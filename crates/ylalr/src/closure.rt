//! The closure of a kernel: its items and the first items of the rules that they lead to.

ghost use Rattle.std.specs.Prelude.{◌≡◌, ◌<◌, ◌≤◌, ◌+◌, ◌^◌, All, OnOk, IfOk};
ghost use Rattle.ysymbols.specs.Grammar.{most_rules};
ghost use Rattle.ybitsets.specs.Rows.{IsSized};
ghost use Rattle.ylalr.specs.Sets.{AreFirstRules, HasRules, Wants, IsClosure, IsAscending, InRange};
ghost use Rattle.ylalr.specs.Sets.{AddsFirst, IsMerged};

use crate::items::{Item, symbol_after};
use std::alloc::{AllocError, Global};
use ybitsets::list::Sequence;
use ybitsets::rows::Rows;
use ysymbols::Grammar;

/// Sets the row of the rules that the kernel's items lead to.
fn want(grammar: &Grammar, first_rules: &Rows, kernel: &[Item], wanted: &mut Rows)
    requires first_rules { AreFirstRules grammar.now.bare first_rules.now }
    requires range { InRange grammar.now.bare kernel.now }
    requires wanted { HasRules grammar.now.bare 1 wanted.old }
    ensures sized { HasRules grammar.now.bare 1 wanted.new }
    ensures exact { Wants grammar.now.bare kernel.now wanted.new }
{
    wanted.clear();
    for item in kernel {
        if let Some(s) = symbol_after(grammar, *item) {
            wanted.add_from(0, first_rules, s);
        }
    }
}

/// Adds the first items of the wanted rules from `from` up to `to`.
fn push_first_items(
    items: &mut Sequence<Item>,
    wanted: &Rows,
    from: usize,
    to: usize,
) -> Result<(), AllocError>
    requires row { 0 < wanted.now.height }
    requires columns { to ≤ wanted.now.width }
    requires order { from ≤ to }
    requires ascending { IsAscending items.old }
    requires below { All (λ i. i.rule < from) items.old }
    ensures ascending { OnOk result (IsAscending items.new) }
    ensures below { OnOk result (All (λ i. i.rule < to) items.new) }
    ensures exact { OnOk result (AddsFirst wanted.now from to items.old items.new) }
{
    let mut r = from;
    while r < to {
        if wanted.has(0, r) {
            items.push(Item { rule: r, dot: 0 })?;
            r += 1;
        } else {
            r = wanted.after(0, r).min(to);
        }
    }
    Ok(())
}

/// Up to which rule the first items stand before this item of a kernel.
fn until(item: Item) -> usize
    requires { item.rule < 2 ^ 63 }
    ensures first { item.dot ≡ 0 → result ≡ item.rule }
    ensures later { 0 < item.dot → result ≡ item.rule + 1 }
{
    if item.dot == 0 {
        item.rule
    } else {
        item.rule + 1
    }
}

/// The kernel's items and the first items of the wanted rules, in order.
fn merge(
    alloc: Global,
    rules: usize,
    wanted: &Rows,
    kernel: &[Item],
) -> Result<Sequence<Item>, AllocError>
    requires sized { IsSized 1 rules wanted.now }
    requires few { rules ≤ most_rules }
    requires ascending { IsAscending kernel.now }
    requires range { All (λ i. i.rule < rules) kernel.now }
    ensures ascending { IfOk result (λ w. IsAscending w) }
    ensures exact { IfOk result (λ w. IsMerged wanted.now kernel.now w) }
{
    let mut items = Sequence::new(alloc);
    let mut at = 0;
    for item in kernel {
        push_first_items(&mut items, wanted, at, until(*item))?;
        items.push(*item)?;
        at = item.rule + 1;
    }
    push_first_items(&mut items, wanted, at, rules)?;
    Ok(items)
}

/// The closure of a kernel: its items, and the first items of the rules that they lead to, by rule
/// and then by dot. `wanted` is a row of rules to work in. It fails only when memory runs out.
pub fn closure(
    alloc: Global,
    grammar: &Grammar,
    first_rules: &Rows,
    wanted: &mut Rows,
    kernel: &[Item],
) -> Result<Sequence<Item>, AllocError>
    requires first_rules { AreFirstRules grammar.now.bare first_rules.now }
    requires range { InRange grammar.now.bare kernel.now }
    requires ascending { IsAscending kernel.now }
    requires wanted { HasRules grammar.now.bare 1 wanted.old }
    ensures wanted { HasRules grammar.now.bare 1 wanted.new }
    ensures closure { IfOk result (λ w. IsClosure grammar.now.bare kernel.now w) }
    ensures ascending { IfOk result (λ w. IsAscending w) }
    ensures range { IfOk result (λ w. InRange grammar.now.bare w) }
{
    let _well_formed = grammar.symbols();
    want(grammar, first_rules, kernel, wanted);
    let items = merge(alloc, grammar.rules(), wanted, kernel)?;
    Ok(items)
}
# # # # #
> [EXERCISE]: Wherever "lead" occurs in the entries above, copy the line it sits on.

> [YOUR RESPONSE]:
//! The closure of a kernel: its items and the first items of the rules that they lead to.
/// Sets the row of the rules that the kernel's items lead to.
/// The closure of a kernel: its items, and the first items of the rules that they lead to, by rule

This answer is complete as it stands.